● **Input data**:
■ ■ ■
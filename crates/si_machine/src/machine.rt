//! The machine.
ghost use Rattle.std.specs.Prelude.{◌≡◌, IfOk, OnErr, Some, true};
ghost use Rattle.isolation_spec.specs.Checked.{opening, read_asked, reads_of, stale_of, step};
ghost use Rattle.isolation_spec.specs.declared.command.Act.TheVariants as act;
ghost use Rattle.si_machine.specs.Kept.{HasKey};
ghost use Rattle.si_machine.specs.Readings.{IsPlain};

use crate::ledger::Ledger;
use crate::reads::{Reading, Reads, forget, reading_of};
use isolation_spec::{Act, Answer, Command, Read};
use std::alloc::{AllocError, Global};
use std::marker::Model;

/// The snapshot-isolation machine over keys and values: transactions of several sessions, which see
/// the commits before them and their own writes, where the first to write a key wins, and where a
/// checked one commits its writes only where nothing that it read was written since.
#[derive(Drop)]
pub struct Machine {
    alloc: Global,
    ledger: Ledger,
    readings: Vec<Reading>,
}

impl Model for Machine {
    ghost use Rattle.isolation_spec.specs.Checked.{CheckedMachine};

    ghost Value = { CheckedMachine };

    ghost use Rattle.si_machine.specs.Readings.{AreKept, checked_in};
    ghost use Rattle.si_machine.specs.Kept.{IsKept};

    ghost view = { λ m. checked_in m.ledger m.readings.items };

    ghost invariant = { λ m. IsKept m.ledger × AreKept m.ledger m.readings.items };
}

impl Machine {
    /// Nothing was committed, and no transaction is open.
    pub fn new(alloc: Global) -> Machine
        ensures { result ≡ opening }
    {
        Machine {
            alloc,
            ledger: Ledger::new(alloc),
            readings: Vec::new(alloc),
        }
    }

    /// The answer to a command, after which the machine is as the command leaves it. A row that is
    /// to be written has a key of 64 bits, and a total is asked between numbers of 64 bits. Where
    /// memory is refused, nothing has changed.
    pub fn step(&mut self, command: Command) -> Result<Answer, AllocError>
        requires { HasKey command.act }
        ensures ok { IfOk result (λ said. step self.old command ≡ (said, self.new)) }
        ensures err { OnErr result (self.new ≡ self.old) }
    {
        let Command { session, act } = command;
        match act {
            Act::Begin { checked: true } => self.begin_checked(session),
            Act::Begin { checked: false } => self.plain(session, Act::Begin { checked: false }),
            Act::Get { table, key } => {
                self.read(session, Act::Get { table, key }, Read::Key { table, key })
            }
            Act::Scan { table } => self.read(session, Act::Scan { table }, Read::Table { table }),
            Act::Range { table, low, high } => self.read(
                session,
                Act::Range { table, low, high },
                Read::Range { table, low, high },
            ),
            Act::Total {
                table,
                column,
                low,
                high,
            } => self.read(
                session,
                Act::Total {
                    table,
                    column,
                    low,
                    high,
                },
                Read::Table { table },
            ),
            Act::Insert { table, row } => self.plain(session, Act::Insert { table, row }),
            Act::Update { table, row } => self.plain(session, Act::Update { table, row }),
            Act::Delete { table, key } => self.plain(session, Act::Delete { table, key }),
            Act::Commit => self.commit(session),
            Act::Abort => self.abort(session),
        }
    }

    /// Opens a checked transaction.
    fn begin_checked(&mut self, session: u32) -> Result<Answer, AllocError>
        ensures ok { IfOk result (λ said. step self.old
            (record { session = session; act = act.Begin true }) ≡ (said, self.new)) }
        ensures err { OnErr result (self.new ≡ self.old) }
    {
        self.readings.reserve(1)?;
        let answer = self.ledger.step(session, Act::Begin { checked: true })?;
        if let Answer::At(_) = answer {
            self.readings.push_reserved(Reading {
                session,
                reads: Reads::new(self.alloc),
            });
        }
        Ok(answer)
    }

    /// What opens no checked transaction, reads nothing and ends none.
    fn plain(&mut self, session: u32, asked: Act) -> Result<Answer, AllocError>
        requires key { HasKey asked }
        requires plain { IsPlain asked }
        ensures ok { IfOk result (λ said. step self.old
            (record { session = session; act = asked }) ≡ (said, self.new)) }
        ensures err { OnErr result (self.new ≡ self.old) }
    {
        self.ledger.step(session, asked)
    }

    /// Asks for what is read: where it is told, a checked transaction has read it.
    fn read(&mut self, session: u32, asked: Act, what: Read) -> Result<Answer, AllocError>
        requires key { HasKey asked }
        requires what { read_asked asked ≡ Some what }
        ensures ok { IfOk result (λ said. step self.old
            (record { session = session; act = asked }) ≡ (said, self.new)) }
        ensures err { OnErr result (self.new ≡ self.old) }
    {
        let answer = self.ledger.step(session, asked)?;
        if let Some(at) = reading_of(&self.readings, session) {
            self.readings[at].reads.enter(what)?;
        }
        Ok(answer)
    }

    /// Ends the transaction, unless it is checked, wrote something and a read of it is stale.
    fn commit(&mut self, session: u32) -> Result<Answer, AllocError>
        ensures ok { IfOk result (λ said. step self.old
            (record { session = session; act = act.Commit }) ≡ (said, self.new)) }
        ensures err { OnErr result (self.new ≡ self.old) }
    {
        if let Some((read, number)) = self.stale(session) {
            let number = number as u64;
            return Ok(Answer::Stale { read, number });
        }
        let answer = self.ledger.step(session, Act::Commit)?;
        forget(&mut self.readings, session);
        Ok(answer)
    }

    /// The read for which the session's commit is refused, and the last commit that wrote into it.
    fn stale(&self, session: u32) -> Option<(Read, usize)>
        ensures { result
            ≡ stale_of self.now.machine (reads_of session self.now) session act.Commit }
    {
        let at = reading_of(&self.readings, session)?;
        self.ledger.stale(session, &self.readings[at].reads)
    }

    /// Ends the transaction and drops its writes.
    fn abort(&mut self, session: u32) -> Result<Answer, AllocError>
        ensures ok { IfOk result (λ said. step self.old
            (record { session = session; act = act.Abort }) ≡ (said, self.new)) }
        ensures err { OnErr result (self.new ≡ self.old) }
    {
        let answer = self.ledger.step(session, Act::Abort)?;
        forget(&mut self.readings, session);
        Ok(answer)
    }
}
■ ■ ■
● **Work to complete**: What is needed is each line of the entries that contains the word "table".

● **Written answer**:
            Act::Get { table, key } => {
                self.read(session, Act::Get { table, key }, Read::Key { table, key })
            Act::Scan { table } => self.read(session, Act::Scan { table }, Read::Table { table }),
            Act::Range { table, low, high } => self.read(
                Act::Range { table, low, high },
                Read::Range { table, low, high },
                table,
                    table,
                Read::Table { table },
            Act::Insert { table, row } => self.plain(session, Act::Insert { table, row }),
            Act::Update { table, row } => self.plain(session, Act::Update { table, row }),
            Act::Delete { table, key } => self.plain(session, Act::Delete { table, key }),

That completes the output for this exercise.